Individual study: Effects of black bear relocation on elk calf recruitment at Great Smoky Mountains National Park
Yarkovich J., Clark J.D. & Murrow J.L. (2011) Effects of black bear relocation on elk calf recruitment at Great Smoky Mountains National Park. The Journal of Wildlife Management, 75, 1145-1154
This study is summarised as evidence for the intervention(s) shown on the right. The icon shows which synopsis it is relevant to.
Release translocated/captive-bred mammals in areas with invasive/problematic species eradication/control
A before-and-after study in 2006–2008 in a temperate forest area in Tennessee and North Carolina, USA (Yarkovich et al. 2011) found following the onset of translocations of black bears Ursus americanus away from an elk Cervus canadensis calving site, survival of the offspring of translocated elk increased.
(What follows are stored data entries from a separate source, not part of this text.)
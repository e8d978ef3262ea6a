ghost use Rattle.std.specs.Prelude.{◌≡◌};
ghost use Rattle.s7_cli.specs.Compiling.{fault_in_source, fault_in_symbols};

use plc_base::{Refusal, SourceFault};
use std::alloc::AllocError;

/// Why a source isn't compiled: what its symbols file or it breaks, or want of memory.
#[derive(Clone, Copy, Debug, PartialEq, Eq)]
pub enum CompileFault {
    /// The symbols file breaks a rule.
    Symbols { refusal: Refusal },
    /// The source breaks a rule.
    Source { refusal: Refusal },
    /// Memory ran out.
    NoMemory,
}

impl From<AllocError> for CompileFault {
    ghost use Rattle.std.specs.Prelude.{◌≡◌};
    ghost use Rattle.s7_cli.specs.declared.faults.CompileFault.TheVariants.{NoMemory};

    ghost from_gives = { λ _ e. e ≡ NoMemory };

    fn from(_e: AllocError) -> CompileFault {
        CompileFault::NoMemory
    }
}

/// The fault of compiling by a fault of the symbols file: what it breaks, or want of memory.
pub(crate) fn fault_in_symbols(fault: SourceFault) -> CompileFault
    ensures { result ≡ fault_in_symbols fault }
{
    match fault {
        SourceFault::Refused { refusal } => CompileFault::Symbols { refusal },
        SourceFault::NoMemory => CompileFault::NoMemory,
    }
}

/// The fault of compiling by a fault of the source: what it breaks, or want of memory.
pub(crate) fn fault_in_source(fault: SourceFault) -> CompileFault
    ensures { result ≡ fault_in_source fault }
{
    match fault {
        SourceFault::Refused { refusal } => CompileFault::Source { refusal },
        SourceFault::NoMemory => CompileFault::NoMemory,
    }
}
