//! What the program tells of itself: its commands and its version.
ghost use Rattle.std.specs.Prelude.{◌≡◌, map, string_bytes};
ghost use Rattle.s7_cli.specs.Questions.{AnswerWritten, question_by, question_of, question_text};

use crate::failures::{ExitStatus, Failure};
use plc_io::{IoFault, Sink, push_all};

/// What the words may ask of the program itself.
#[derive(Clone, Copy, Debug, PartialEq, Eq)]
pub enum Question {
    /// How the program is called.
    Help,
    /// Which version the program is.
    Version,
}

/// The answer to `--help`. No line has more than 80 columns.
const HELP: &str = "\
s7: a proved controller and compiler for Siemens STL (Statement List)

Calls:
  s7 go SRC HIST      run the source SRC along the history HIST, write the run
  s7 check SRC        check the source SRC, write OK where it is accepted
  s7 compile SRC IMG  write the image of the source SRC to the file IMG, then OK
  s7 english SRC OUT  write the source SRC with English mnemonics to the file
                      OUT, then OK; SRC has German ones
  s7 german SRC OUT   write the source SRC with German mnemonics to the file
                      OUT, then OK; SRC has English ones
  s7 run IMG HIST     run the image IMG along the history HIST, write the run
  s7 gen NUMBER       run the program and the history that are made of a number
                      from 1 to 10,000, write a line that sums up the run
  s7 live IMG STIM OPS.. --steps N
                      run the image IMG by workers beside one another: one makes
                      N steps, one feeds the stimuli STIM, and one to four more
                      ask what their scripts OPS say; write the history that
                      came of it, a line ---, and the run
  s7 watch IMG STIM VARS OPS.. --steps N
                      the same with one to three scripts, while one more asks
                      a hundred times for the values of the line VARS, and
                      one views the replies; write a line --- more, and a
                      line for each view
  s7 upgrade IMG IMG2 write the image IMG in version 2 to the file IMG2, then OK
  s7 list IMG SRC SYM write a source that gives the program of the image IMG to
                      the file SRC, and its symbols to the file SYM, then OK
  s7 bound IMG CERT   write how deep the calls of the image IMG go, and how many
                      local bytes they take, to the file CERT, then OK; or write
                      a chain of calls that is too deep
  s7 recheck IMG CERT write OK where the certificate CERT holds of the image IMG
  s7 --help           write this text (also -h)
  s7 --version        write the version (also -V)

Options, anywhere among the words:
  --symbols FILE   the symbols of the source, as STEP 7 exports them: with go,
                   check and compile
  --german         the source and its symbols are German: with go, check and
                   compile
  --steps N        the most steps, 1 to 1,000,000: with live and watch, which
                   need it

Behind -- no word is an option, so a file may begin with a hyphen.

Supported: organization blocks, functions, function blocks, data blocks and
types of the whole-number subset of STL, nine system functions, interrupts,
time and synchronous errors, timers and counters, requests of operators.
Not supported: REAL, STRING, ANY, multi-instances.

Lines of a history (numbers are decimal, h is a hexadecimal digit):
  step               one step: one statement, or a cycle point
  step N             N steps; a history has at most 1,000,000
  in B hh            peripheral input byte B becomes hh; its bit 0 is I B.0
  arrive N           an interrupt requests OB N: 10 to 17 or 40 to 47
  arrive N hhhhhhhh  the same with a value, which is 0 otherwise
  tick N             N milliseconds pass, 1 to 60,000
  op K REQUEST       operator K, 1 to 4, asks one of:
    read V, V ..       the values of one to eight variables
    write V h          variable V becomes h
    stop, restart      STOP; a warm restart, in STOP alone
    monitor on KIND N  monitor block KIND N: OB, FC or FB, one at a time
    monitor off        monitor no block
    diag               the last 100 records of diagnostics
                     V is an address, as M 0.1, MW 2, DB1.DBW 0, or a symbol
                     in double quotes; h has two digits a byte, or is 0 or 1
  // ..              a comment; empty lines are skipped too
Stimuli have the lines in, arrive and tick alone, a script requests alone,
VARS of watch a single read.

Lines of a run (N is the number of the entry, from 1):
  @N MON KIND n LINE l STW hhhh A1 hhhhhhhh A2 hhhhhhhh
                                 a statement of the monitored block, with the
                                 status word and both accumulators after it
  @N PQ B = hh                   peripheral output byte B changed to hh
  @N MODE RUN, @N MODE STARTUP   the mode changed
  @N MODE STOP c AT place        the controller stopped, by cause c
  @N OP K VALUES h ..            the reply to operator K: the values read,
  @N OP K DONE                   it is done,
  @N OP K NOSUCH i               variable i, or the block, doesn't exist,
  @N OP K NOTSTOPPED             a restart needs STOP,
  @N OP K DIAG n                 or n records of diagnostics, each as a line
  @N DIAG e code info            by entry e
  END N RUN, END N STARTUP, END N STOP c
                                 the mode after all N entries
  DB n at hh..                   bytes of data block n from byte `at` on

Rules of a source:
   1  no token begins here, or a byte that no source may hold
   2  a name, characters or an attribute has no end
   3  a literal has wrong digits or parts
   4  a literal or a number is out of its range
  10  a clause isn't in the grammar
  11  a clause may not stand here
  12  a label is longer than four characters
  13  the source ends inside a block
  17  a word of the other language: with --german, and of english and german
  20  a name or a component is unknown
  21  a name is declared twice
  22  a block stands twice
  23  a block or a type is unknown
  24  the width doesn't fit the instruction
  25  the instruction takes no such operand
  26  a label is unknown
  27  a label stands twice
  29  a bracket is closed that isn't open
  30  a bracket is open at the block's end
  31  the eighth bracket is open
  32  a jump list isn't right
  33  a jump leads out of brackets or zones, or into them
  34  a called block has no such parameter
  35  a parameter is supplied twice
  36  a parameter isn't supplied
  37  an actual parameter doesn't fit
  38  a data block is no instance of the function block
  39  an input parameter of a function is written
  40  a call needs parameters or a data block
  41  an initial value doesn't fit
  42  bounds of an array are wrong, or an index is outside
  43  a type contains itself
  44  a block has a number that isn't allowed
  46  a system function isn't one of the nine
  47  a zone is ended that isn't open
  48  a zone is open at the block's end
  49  the ninth zone is open
  50  more than 1,024 bytes of local data
  51  a data block, type or instance has more than 16,384 bytes
  52  more than 60 parameters
  53  more than 256 data blocks
  54  data blocks have more than 2,097,152 bytes together
  55  a block has more than 65,534 statements
  56  types are nested deeper than 8
Rules of a symbols file:
  14  a line isn't four fields
  15  an address, type or name isn't right, or too many symbols
  16  a name stands twice
Rules of a history, of stimuli, of a script and of VARS:
   1  a line isn't as above
   2  a number is out of its range, or a value doesn't fit its variable
   3  a name is unknown
   4  a line of another of these texts, as a request without its operator
   5  an operator isn't 1 to 4
   6  more than 1,000,000 steps so far
   7  not a single line, a read (VARS)
Rules of a certificate:
   1  a line isn't KIND n DEPTH d BYTES b
   2  a number is above 65,535
   3  the block isn't loaded, or doesn't stand behind the one before
Faults of an image:
   1  it doesn't begin with S7FB
   2  the version isn't 1 or 2
   3  a field runs past the total length, or that is wrong
   4  a number, count, size or name isn't allowed, or out of its order
   5  no op stands here, or the code doesn't end with BE
   6  a jump leads to no statement, or a jump list isn't right
   7  an operand isn't allowed
   8  brackets or zones don't match
   9  the count of statements or a line isn't right
  10  more bytes than the total length, or than the records

Exit status, and the line that is written in place of a result:
  0  done
  1  the words are no call as above      words refused
  2  the symbols break a rule            symbols refused: line L rule R
     the source breaks a rule            source refused: line L rule R
  3  the image has fault C at byte A     image refused: offset A code C
  4  the history breaks a rule           history refused: line L rule R
     the stimuli break a rule            stimuli refused: line L rule R
     VARS breaks a rule                  vars refused: line L rule R
     script k, from 1, breaks a rule     script k refused: line L rule R
     the certificate breaks a rule       certificate refused: line L rule R
  5  a file can't be read                read fault
  6  standard output failed, or IMG of compile, OUT of english and german, IMG2
     of upgrade, SRC or SYM of list, or CERT of bound can't be written
  7  memory ran out
  8  a file is too long                  too long: source (1,048,576 bytes)
     the translation would be            too long: result (1,048,576 bytes)
     SRC or SYM of list would be         too long: list (1,048,576 bytes)
     a file is too long                  too long: symbols (1,048,576 bytes)
                                         too long: image (8,388,608 bytes)
                                         too long: history (4,194,304 bytes)
                                         too long: stimuli (4,194,304 bytes)
                                         too long: vars (1,048,576 bytes)
                                         too long: script k (1,048,576 bytes)
                                         too long: certificate (1,048,576 bytes)
  9  what would be listed doesn't compile to the image's program
                                         image has no listing
 10  a chain of calls is too deep        chain: KIND n, KIND n ..
     the certificate doesn't hold        certificate says no

Example:
  s7 go examples/interlock/source.awl examples/interlock/history.txt
";

/// The answer to `--version`.
const VERSION: &str = "s7 0.1.0\n";

/// The question that a word asks: `--help` or `-h`, `--version` or `-V`.
fn question_by(word: &str) -> Option<Question>
    ensures { result ≡ question_by word.now }
{
    if word == "--help" || word == "-h" {
        Some(Question::Help)
    } else if word == "--version" || word == "-V" {
        Some(Question::Version)
    } else {
        None
    }
}

/// The question that the words ask, without the program's name, where they are a single word.
pub fn question_in(words: &[String]) -> Option<Question>
    ensures { result ≡ question_of (map string_bytes words.now) }
{
    match words {
        [word] => question_by(word.as_str()),
        _ => None,
    }
}

impl Question {
    /// The text that answers it.
    fn text(self) -> &'static str
        ensures { result.now ≡ question_text self }
    {
        match self {
            Question::Help => HELP,
            Question::Version => VERSION,
        }
    }
}

/// Writes the answer to a question. The status is 0, or 6 where the sink failed, or 7 where memory
/// was wanting.
pub fn write_answer<K: Sink>(out: &mut K, question: Question) -> ExitStatus
    ensures { AnswerWritten (question_text question) (K.shown out.old) (K.shown out.new)
        result.code }
{
    let outcome = match push_all(out, question.text().as_bytes()) {
        Ok(()) => Ok(()),
        Err(IoFault::Failed) => Err(Failure::WriteFault),
        Err(IoFault::NoMemory) => Err(Failure::NoMemory),
    };
    ExitStatus::of(outcome)
}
A higher proportion of elk calves survived their first year during bear translocations (69%) than before (59%). In 2001–2002, fifty-two elk were translocated to the Great Smoky Mountains National Park. Calf survival was monitored in 2001–2006 in a previous study that indicated that black bears predated nine out of 13 elk calves killed by predators. In 2006–2008, forty-nine black bears were relocated >40 km away from the elk calving area. In 2006–2008, forty-nine elk births were documented from which 42 recently-born calves were radio-collared. Calf survival was monitored by radio-tracking and visual observation.